### Input

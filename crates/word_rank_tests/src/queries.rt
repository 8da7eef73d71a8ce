//! Queries and their answers, by hand and by a count of the bits.
use crate::lists::{bits_of, ranked, runs};
use std::alloc::{AllocError, Allocator, Global};
use std::test::Fail;
use test_alloc::{Look, asked, bit_of};
use vers_tally::tally::Tally;
use word_rank::WordRank;

// A query and its arguments.
#[derive(Clone, Copy, Drop)]
enum Query {
    Len,
    IsEmpty,
    HeapSize,
    IsOne(usize),
    Rank(usize),
    BitThere(usize),
    OnesBefore(usize),
}

// Returns the answer of a query in its plain form.
fn answer<A: Allocator + Copy>(list: &WordRank<A>, query: Query) -> u64 {
    match query {
        Query::Len => list.len() as u64,
        Query::IsEmpty => u64::from(list.is_empty()),
        Query::HeapSize => list.heap_size() as u64,
        Query::Rank(position) => list.rank1(position) as u64,
        Query::IsOne(position) if position < list.len() => u64::from(list.is_one(position)),
        Query::BitThere(position) if position < list.len() => {
            u64::from(list.get_and_rank1(position).is_one)
        }
        Query::OnesBefore(position) if position < list.len() => list
            .get_and_rank1(position)
            .ones as u64,
        _ => u64::MAX,
    }
}

// Returns the answer of a query in its counted form.
fn counted<A: Allocator + Copy>(list: &WordRank<A>, query: Query, tally: &mut Tally) -> u64 {
    match query {
        Query::Rank(position) => list.rank1_counted(position, tally) as u64,
        Query::IsOne(position) if position < list.len() => u64::from(list.is_one_counted(
            position, tally,
        )),
        Query::BitThere(position) if position < list.len() => {
            u64::from(list.get_and_rank1_counted(position, tally).is_one)
        }
        Query::OnesBefore(position) if position < list.len() => {
            list.get_and_rank1_counted(position, tally).ones as u64
        }
        _ => answer(list, query),
    }
}

// Returns the data words, block entries and superblock entries that a query reads, if the list has bits.
fn reads(query: Query) -> [u64; 3] {
    match query {
        Query::Len | Query::IsEmpty | Query::HeapSize => [0, 0, 0],
        Query::IsOne(_) => [1, 0, 0],
        Query::Rank(_) | Query::BitThere(_) | Query::OnesBefore(_) => [1, 1, 1],
    }
}

// Returns true if both forms of a query have the answer, and the counted one the reads.
fn is_right<A: Allocator + Copy>(list: &WordRank<A>, query: Query, wanted: u64) -> bool {
    let mut tally = Tally::new();
    answer(list, query) == wanted
        && counted(list, query, &mut tally) == wanted
        && (list.is_empty()
            || [
                tally.data_words(),
                tally.block_entries(),
                tally.superblock_entries(),
            ] == reads(query))
        && tally.rank_calls() == 0
}

fn first_wrong_answer<A: Allocator + Copy>(
    list: &WordRank<A>,
    rows: &[(Query, u64)],
) -> Option<usize> {
    for (row, (query, wanted)) in rows.iter().enumerate() {
        if !is_right(list, *query, *wanted) {
            return Some(row);
        }
    }
    None
}

// Runs of equal bits, queries of the list, and their answers.
const CASES: [(&[(bool, usize)], &[(Query, u64)]); 6] = [
    (
        &[],
        &[
            (Query::Len, 0),
            (Query::IsEmpty, 1),
            (Query::HeapSize, 0),
            (Query::Rank(0), 0),
            (Query::Rank(usize::MAX), 0),
        ],
    ),
    (
        &[(false, 1), (true, 2), (false, 1)],
        &[
            (Query::Len, 4),
            (Query::IsEmpty, 0),
            (Query::HeapSize, 18),
            (Query::IsOne(0), 0),
            (Query::IsOne(2), 1),
            (Query::Rank(0), 0),
            (Query::Rank(1), 0),
            (Query::Rank(2), 1),
            (Query::Rank(3), 2),
            (Query::Rank(4), 2),
            (Query::Rank(63), 2),
            (Query::Rank(usize::MAX), 2),
            (Query::BitThere(1), 1),
            (Query::OnesBefore(1), 0),
            (Query::BitThere(3), 0),
            (Query::OnesBefore(3), 2),
        ],
    ),
    (
        &[(true, 64)],
        &[
            (Query::HeapSize, 18),
            (Query::Rank(63), 63),
            (Query::Rank(64), 64),
            (Query::Rank(65), 64),
            (Query::BitThere(63), 1),
            (Query::OnesBefore(63), 63),
        ],
    ),
    (
        &[(false, 10), (true, 64), (false, 20), (true, 106)],
        &[
            (Query::HeapSize, 48),
            (Query::Rank(64), 54),
            (Query::Rank(94), 64),
            (Query::Rank(128), 98),
            (Query::Rank(199), 169),
            (Query::Rank(200), 170),
        ],
    ),
    (
        &[(true, 32_768), (false, 64), (true, 1)],
        &[
            (Query::Len, 32_833),
            (Query::HeapSize, 5156),
            (Query::Rank(32_767), 32_767),
            (Query::Rank(32_768), 32_768),
            (Query::Rank(32_832), 32_768),
            (Query::Rank(32_833), 32_769),
            (Query::BitThere(32_832), 1),
            (Query::OnesBefore(32_832), 32_768),
        ],
    ),
    (
        &[(true, 40_000), (false, 25_536), (true, 65_536)],
        &[
            (Query::Len, 131_072),
            (Query::HeapSize, 20_512),
            (Query::Rank(32_832), 32_832),
            (Query::Rank(65_536), 40_000),
            (Query::Rank(98_303), 72_767),
            (Query::Rank(98_304), 72_768),
            (Query::Rank(131_008), 105_472),
            (Query::Rank(usize::MAX), 105_536),
        ],
    ),
];

fn first_wrong_row(alloc: Global) -> Result<Option<(usize, usize)>, AllocError> {
    for (case, (list, rows)) in CASES.iter().enumerate() {
        let wrong = asked(runs(alloc, list), |list| first_wrong_answer(list, rows))?;
        if let Some(row) = wrong {
            return Ok(Some((case, row)));
        }
    }
    Ok(None)
}

#[test]
fn queries_and_their_answers(rt: HostRuntime) -> Result<(), Fail> {
    assert_eq!(rt; first_wrong_row(rt.alloc())?, None, "a case and a row");
    Ok(())
}

// Returns the first position whose rank or bit is not that of a count, up to two past the end.
fn first_wrong_position<A: Allocator + Copy>(list: &WordRank<A>, look: Look) -> Option<usize> {
    let mut ones: u64 = 0;
    for position in 0..list.len() {
        let is_one = u64::from(bit_of(look, position));
        if !is_right(list, Query::Rank(position), ones)
            || !is_right(list, Query::OnesBefore(position), ones)
            || !is_right(list, Query::BitThere(position), is_one)
            || !is_right(list, Query::IsOne(position), is_one)
        {
            return Some(position);
        }
        ones = ones.wrapping_add(is_one);
    }
    for position in [list.len(), list.len().saturating_add(1), usize::MAX] {
        if !is_right(list, Query::Rank(position), ones) {
            return Some(position);
        }
    }
    None
}

const LOOKS: [Look; 3] = [Look::Zeros, Look::Ones, Look::Mixed];

const LENGTHS: [usize; 11] = [0, 1, 63, 64, 65, 127, 128, 129, 32_767, 32_768, 32_900];

fn first_wrong_count(alloc: Global) -> Result<Option<(usize, usize)>, AllocError> {
    for look in LOOKS {
        for len in LENGTHS {
            let list = ranked(bits_of(alloc, look, len));
            if let Some(position) = asked(list, |list| first_wrong_position(list, look))? {
                return Ok(Some((len, position)));
            }
        }
    }
    Ok(None)
}

#[test]
fn ranks_of_every_position(rt: HostRuntime) -> Result<(), Fail> {
    assert_eq!(rt;
        first_wrong_count(rt.alloc())?,
        None,
        "a length and a position"
    );
    Ok(())
}
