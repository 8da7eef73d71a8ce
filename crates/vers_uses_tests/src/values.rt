//! What no contract says: values that were worked out by hand.
use std::alloc::{Allocator, Global};
use std::test::Fail;
use test_alloc::asked;
use vers_uses::budget::{Window, has_more};
use vers_uses::documents::Documents;
use vers_uses::genome::Genome;
use vers_uses::levels::{nodes_on_level, take_steps};
use vers_uses::prices::Prices;
use vers_vecs::elias_fano::is_ascending;
use vers_vecs::tally::Tally;
use vers_vecs::trees::TreeBuilder;
use vers_vecs::trees::bp::{BpBuilder, BpTree, BuildError};

// The starts of four documents, in a text of 40 bytes.
const STARTS: [u64; 4] = [2, 10, 10, 25];

// Bytes, and the document that contains each.
const HOLDERS: [(u64, Option<usize>); 5] = [
    (1, None),
    (2, Some(0)),
    (10, Some(2)),
    (39, Some(3)),
    (40, None),
];

// Returns the first of the bytes with a wrong document.
fn wrong_byte<A: Allocator + Copy>(texts: &Documents<A>) -> Option<u64> {
    for (byte, document) in HOLDERS.iter() {
        if texts.document_of(*byte) != *document {
            return Some(*byte);
        }
    }
    None
}

#[test]
fn documents_of_bytes(rt: HostRuntime) -> Result<(), Fail> {
    assert!(rt; is_ascending(&STARTS));
    let texts = Documents::new(rt.alloc(), &STARTS, 40);
    assert_eq!(rt; asked(texts, wrong_byte::<Global>)?, None, "a byte");
    Ok(())
}

// The bases whose Gs and Cs are queried.
const BASES: [u8; 8] = *b"ACGTGGCA";

// Returns the number of Gs and Cs of a range, the positions of two of them, and those of the next after two
// positions.
fn answers_of<A: Allocator + Copy>(
    genome: &Genome<A>,
) -> (usize, [Option<usize>; 2], [Option<u64>; 2]) {
    (
        genome.gc_between(1, 5),
        [genome.nth_gc(4), genome.nth_gc(5)],
        [genome.next_gc(2), genome.next_gc(6)],
    )
}

#[test]
fn bases_of_a_genome(rt: HostRuntime) -> Result<(), Fail> {
    let genome = Genome::from_bases(rt.alloc(), &BASES);
    let answers = asked(genome, answers_of::<Global>)?;
    assert_eq!(rt; answers, (3, [Some(6), None], [Some(4), None]));
    Ok(())
}

// Returns true if the second half of the bases has more Gs and Cs than the first, and the number of ranks that
// it took.
fn more_in_the_second<A: Allocator + Copy>(genome: &Genome<A>) -> (bool, u64) {
    let mut tally = Tally::new();
    let first = Window { from: 0, to: 4 };
    let second = Window { from: 4, to: 8 };
    let is_more = has_more(genome, first, second, &mut tally);
    (is_more, tally.rank_calls())
}

#[test]
fn more_in_the_second_window(rt: HostRuntime) -> Result<(), Fail> {
    let genome = Genome::from_bases(rt.alloc(), &BASES);
    assert_eq!(rt; asked(genome, more_in_the_second::<Global>)?, (true, 4));
    Ok(())
}

// Days from one up to another, and the cheapest of them.
const CHEAPEST: [((usize, usize), Option<usize>); 4] = [
    ((0, 4), Some(1)),
    ((2, 4), Some(3)),
    ((2, 5), None),
    ((2, 2), None),
];

// Returns the first of the day ranges with another cheapest day.
fn wrong_days<A: Allocator + Copy>(prices: &Prices<A>) -> Option<(usize, usize)> {
    for ((from, to), day) in CHEAPEST.iter() {
        if prices.cheapest(*from, *to) != *day {
            return Some((*from, *to));
        }
    }
    None
}

#[test]
fn cheapest_days(rt: HostRuntime) -> Result<(), Fail> {
    let by_day = Vec::from_slice(rt.alloc(), &[9, 6, 10, 6])?;
    let prices = Prices::new(by_day);
    assert_eq!(rt;
        asked(prices, wrong_days::<Global>)?,
        None,
        "from a day up to another"
    );
    Ok(())
}

// Two trees: a node with two children, each of which has a leaf, and a leaf.
const STEPS: [bool; 12] = [
    true, true, true, false, false, true, true, false, false, false, true, false,
];

// The positions of the nodes of each depth.
const LEVELS: [(u64, &[usize]); 4] = [(0, &[0, 10]), (1, &[1, 5]), (2, &[2, 6]), (3, &[])];

// Returns the trees that the steps build.
fn built<B: TreeBuilder + Drop>(mut builder: B) -> Result<B::Tree, BuildError> {
    match take_steps(&mut builder, &STEPS) {
        Ok(()) => builder.build(),
        Err(_) => Err(BuildError::Memory),
    }
}

// Returns true if the nodes of a depth are at these positions. Only balanced parentheses have levels.
fn has_level(alloc: Global, tree: &BpTree<8, Global>, depth: u64, positions: &[usize]) -> bool {
    if !tree.is_balanced() {
        return false;
    }
    match nodes_on_level(alloc, tree, depth) {
        Ok(nodes) => nodes.as_slice() == positions,
        Err(_) => false,
    }
}

// Returns the first depth whose nodes are elsewhere.
fn wrong_depth(alloc: Global, tree: &BpTree<8, Global>) -> Option<u64> {
    for (depth, positions) in LEVELS.iter() {
        if !has_level(alloc, tree, *depth, positions) {
            return Some(*depth);
        }
    }
    None
}

#[test]
fn nodes_of_each_level(rt: HostRuntime) -> Result<(), Fail> {
    let alloc = rt.alloc();
    let trees = built(BpBuilder::<8, Global>::new(alloc));
    let wrong = asked(trees, |tree: &BpTree<8, Global>| wrong_depth(alloc, tree));
    assert_eq!(rt; wrong?, None, "a depth");
    Ok(())
}
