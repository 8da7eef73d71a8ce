//! Tests of a user's first program, and of the names of the library that it uses.
#![tactic(auto)]

#[cfg(test)]
mod paths;
#[cfg(test)]
mod values;
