//! The calls that allocate, each of their requests refused in turn, and the memory that a list takes.
use crate::lists::{bits_of, ranked};
use std::alloc::{AllocError, Allocator, Global};
use test_alloc::{
    Check, Conversion, Ending, LENGTHS, Look, Refusing, SIZES, Size, Sizing, Spare, Trial, bit_of,
    first_wrong_size, first_wrong_trial, requests, spare_of, try_clone_checked, try_conversion,
};
use vers_bits::bit_vec::BitVec;
use word_rank::WordRank;

// A list of a look, of that many bits.
#[derive(Drop)]
struct ListOf {
    look: Look,
    len: usize,
}

// Returns true if a list has the bits of a look, and their ranks.
fn has_bits<A: Allocator + Copy>(list: &WordRank<A>, wanted: &ListOf) -> bool {
    let mut ones: usize = 0;
    for position in 0..list.len() {
        let is_one = bit_of(wanted.look, position);
        let found = list.get_and_rank1(position);
        if found.is_one != is_one || found.ones != ones {
            return false;
        }
        ones = ones.wrapping_add(usize::from(is_one));
    }
    list.len() == wanted.len && list.bits().len() == wanted.len && list.rank1(wanted.len) == ones
}

impl<A: Allocator + Copy> Conversion<BitVec<A>> for ListOf {
    type Made = WordRank<A>;

    type Refused = AllocError;

    fn convert(&self, bits: BitVec<A>) -> Result<WordRank<A>, AllocError> {
        WordRank::from_bit_vec(bits)
    }

    fn is_right(&self, list: &WordRank<A>) -> bool {
        has_bits(list, self)
    }

    fn is_kept(&self, _: AllocError) -> bool {
        true
    }
}

impl<A: Allocator + Copy> Check<WordRank<A>> for ListOf {
    fn is_right(&self, list: &mut WordRank<A>) -> bool {
        has_bits(list, self)
    }
}

// A call that allocates.
#[derive(Clone, Copy, Drop)]
enum Call {
    FromBitVec(Look),
    Clone(Look),
}

const CALLS: [Call; 4] = [
    Call::FromBitVec(Look::Mixed),
    Call::Clone(Look::Mixed),
    Call::FromBitVec(Look::Ones),
    Call::Clone(Look::Ones),
];

impl Trial<Global> for Call {
    fn run(self, heap: &Refusing<Global>, len: usize) -> Ending {
        match self {
            Call::FromBitVec(look) => {
                try_conversion(heap, bits_of(heap, look, len), &ListOf { look, len })
            }
            Call::Clone(look) => {
                try_clone_checked(
                    heap,
                    ranked(bits_of(heap, look, len)),
                    &ListOf { look, len },
                )
            }
        }
    }

    fn takes_memory(self, len: usize) -> bool {
        len > 0
    }
}

#[test]
fn calls_are_refused_in_turn(rt: HostRuntime) {
    let wrong = first_wrong_trial(rt.alloc(), &LENGTHS, &CALLS);
    assert_eq!(rt; wrong, None, "a length and a row");
}

// The counts of words and of superblocks; a clone copies the words too.
#[test]
fn each_list_is_one_request(rt: HostRuntime) {
    let alloc = rt.alloc();
    let made = requests(alloc, Call::FromBitVec(Look::Mixed), 128);
    let cloned = requests(alloc, Call::Clone(Look::Mixed), 128);
    assert_eq!(rt; [made, cloned], [Ok(2), Ok(3)]);
}

// The size that a list reports.
#[derive(Clone, Copy, Drop)]
struct HeapSize;

impl<A: Allocator + Copy> Size<WordRank<A>> for HeapSize {
    fn bytes(&self, list: &WordRank<A>) -> usize {
        list.heap_size()
    }
}

// A list of zeros, whose words have room for at least four, and for at most twice as many.
#[derive(Clone, Copy, Drop)]
struct Zeros;

// A clone uses exactly what it reports.
impl Sizing<Global> for Zeros {
    fn spare(self, _: Global, heap: &Refusing<Global>, len: usize) -> Option<Spare> {
        spare_of(heap, ranked(bits_of(heap, Look::Zeros, len)), &HeapSize)
    }

    fn is_allowed(self, len: usize, spare: Spare) -> bool {
        let words = len.div_ceil(64).wrapping_mul(8);
        spare.cloned == 0 && spare.made <= words.max(24)
    }
}

#[test]
fn a_list_takes_what_it_reports(rt: HostRuntime) {
    assert!(rt; first_wrong_size(rt.alloc(), &SIZES, &[Zeros]).is_none());
}
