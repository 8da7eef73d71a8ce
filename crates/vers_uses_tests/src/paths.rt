//! The paths of the crate vers-vecs.
use std::alloc::{AllocError, Allocator, Global};
use test_alloc::asked;
use vers_vecs::bit_vec::{GrowError, MAX_LEN, fast_rs_vec};
use vers_vecs::rmq::fast_rmq;
use vers_vecs::{BitVec, FastRmq, RsVec};

// Returns a list of a single one.
fn one_bit<A: Allocator + Copy>(alloc: A) -> Result<BitVec<A>, GrowError> {
    let mut bits = BitVec::new(alloc);
    bits.append(true)?;
    Ok(bits)
}

// Returns the same list with an index, by the name that it has below its module.
fn indexed<A: Allocator + Copy>(
    bits: Result<BitVec<A>, GrowError>,
) -> Result<fast_rs_vec::RsVec<A>, GrowError> {
    Ok(RsVec::from_bit_vec(bits?)?)
}

fn has_a_one<A: Allocator + Copy>(list: &RsVec<A>) -> bool {
    list.len() < MAX_LEN && list.rank1(1) == 1
}

#[test]
fn ranks_through_the_facade(rt: HostRuntime) {
    let made = indexed(one_bit(rt.alloc()));
    assert!(rt; asked(made, has_a_one::<Global>) == Ok(true));
}

// Returns a list of range minima, by the name that it has below its module.
fn minima<A: Allocator + Copy>(alloc: A) -> Result<fast_rmq::FastRmq<A>, AllocError> {
    FastRmq::from_vec(Vec::from_slice(alloc, &[9, 6, 10])?)
}

fn least_is_second<A: Allocator + Copy>(list: &FastRmq<A>) -> bool {
    list.len() == 3 && list.range_min(0, 2) == 1
}

#[test]
fn range_minima_through_the_facade(rt: HostRuntime) {
    let made = minima(rt.alloc());
    assert!(rt; asked(made, least_is_second::<Global>) == Ok(true));
}
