//! Lists of bits that the tests run over.
use std::alloc::{AllocError, Allocator};
use test_alloc::{Look, bit_of};
use vers_bits::bit_vec::{BitVec, GrowError};
use word_rank::WordRank;

/// Returns the same bits, with rank.
pub fn ranked<A: Allocator + Copy>(
    bits: Result<BitVec<A>, GrowError>,
) -> Result<WordRank<A>, AllocError> {
    match bits {
        Ok(bits) => WordRank::from_bit_vec(bits),
        Err(_) => Err(AllocError),
    }
}

// Returns runs of equal bits, one after another: each with its bit and its length.
fn bits_of_runs<A: Allocator + Copy>(
    alloc: A,
    runs: &[(bool, usize)],
) -> Result<BitVec<A>, GrowError> {
    let mut bits = BitVec::new(alloc);
    for (bit, length) in runs {
        for _ in 0..*length {
            bits.append(*bit)?;
        }
    }
    Ok(bits)
}

/// Returns runs of equal bits with rank.
pub fn runs<A: Allocator + Copy>(
    alloc: A,
    runs: &[(bool, usize)],
) -> Result<WordRank<A>, AllocError> {
    ranked(bits_of_runs(alloc, runs))
}

/// Returns `len` bits of a look.
pub fn bits_of<A: Allocator + Copy>(
    alloc: A,
    look: Look,
    len: usize,
) -> Result<BitVec<A>, GrowError> {
    let mut bits = BitVec::new(alloc);
    for position in 0..len {
        bits.append(bit_of(look, position))?;
    }
    Ok(bits)
}
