//! Abstract values: windows of whole numbers, sets of members and three truth values.
//!
//! - `operand`: what an abstract value is, by the laws of `specs/Abstraction`; windows and sets are
//!   operands by `specs/WindowLaws` and `specs/MemberLaws`.
//! - `truth`, `arithmetic`, `compare`: operations on them, defined in `specs/Truth`,
//!   `specs/Windows` and `specs/Members`.
//! - `cell`: what is known of a cell, as a semilattice (`specs/Cells`). `space`: a cell for each cell
//!   of a schedule.
//! - `specs/Values`, `specs/Spaces`, `specs/InSpace`, `specs/Soundness`: abstract values of any width,
//!   the spaces that a search splits, and what terms and formulas mean in a space.
//! - `specs/Ranged`: the abstract values of well typed terms lie in their static ranges.
//! - `demand`: what a definite constraint demands of a cell, and the part that meets it (`specs/Demands`).
//! - `laws`: what all this keeps.
#![tactic(auto)]

mod arithmetic;
mod cell;
mod compare;
mod demand;
mod laws;
mod operand;
mod space;
#[cfg(test)]
mod tests;
mod truth;

pub use arithmetic::{add, gate, hull, max, min, mul, sub, union};
pub use cell::Cell;
pub use compare::{eq, le, same};
pub use demand::Op;
pub use laws::{
    cell_laws, demand_laws, member_laws, range_laws, space_laws, split_laws, truth_laws,
    values_have_ranges, window_ends_law, window_laws,
};
pub use operand::Operand;
pub use space::Space;
pub use truth::{Tri, and, not, or};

### Brief
Starting at the top of the data above, repeat every line exactly until the line containing "Query::OnesBefore(position) if position < list.len() => list" has been given, then stop.

### Solution to the problem
filename crates/word_rank_tests/src/queries.rt
repository 8da7eef73d71a8ce
//! Queries and their answers, by hand and by a count of the bits.
use crate::lists::{bits_of, ranked, runs};
use std::alloc::{AllocError, Allocator, Global};
use std::test::Fail;
use test_alloc::{Look, asked, bit_of};
use vers_tally::tally::Tally;
use word_rank::WordRank;

// A query and its arguments.
#[derive(Clone, Copy, Drop)]
enum Query {
    Len,
    IsEmpty,
    HeapSize,
    IsOne(usize),
    Rank(usize),
    BitThere(usize),
    OnesBefore(usize),
}

// Returns the answer of a query in its plain form.
fn answer<A: Allocator + Copy>(list: &WordRank<A>, query: Query) -> u64 {
    match query {
        Query::Len => list.len() as u64,
        Query::IsEmpty => u64::from(list.is_empty()),
        Query::HeapSize => list.heap_size() as u64,
        Query::Rank(position) => list.rank1(position) as u64,
        Query::IsOne(position) if position < list.len() => u64::from(list.is_one(position)),
        Query::BitThere(position) if position < list.len() => {
            u64::from(list.get_and_rank1(position).is_one)
        }
        Query::OnesBefore(position) if position < list.len() => list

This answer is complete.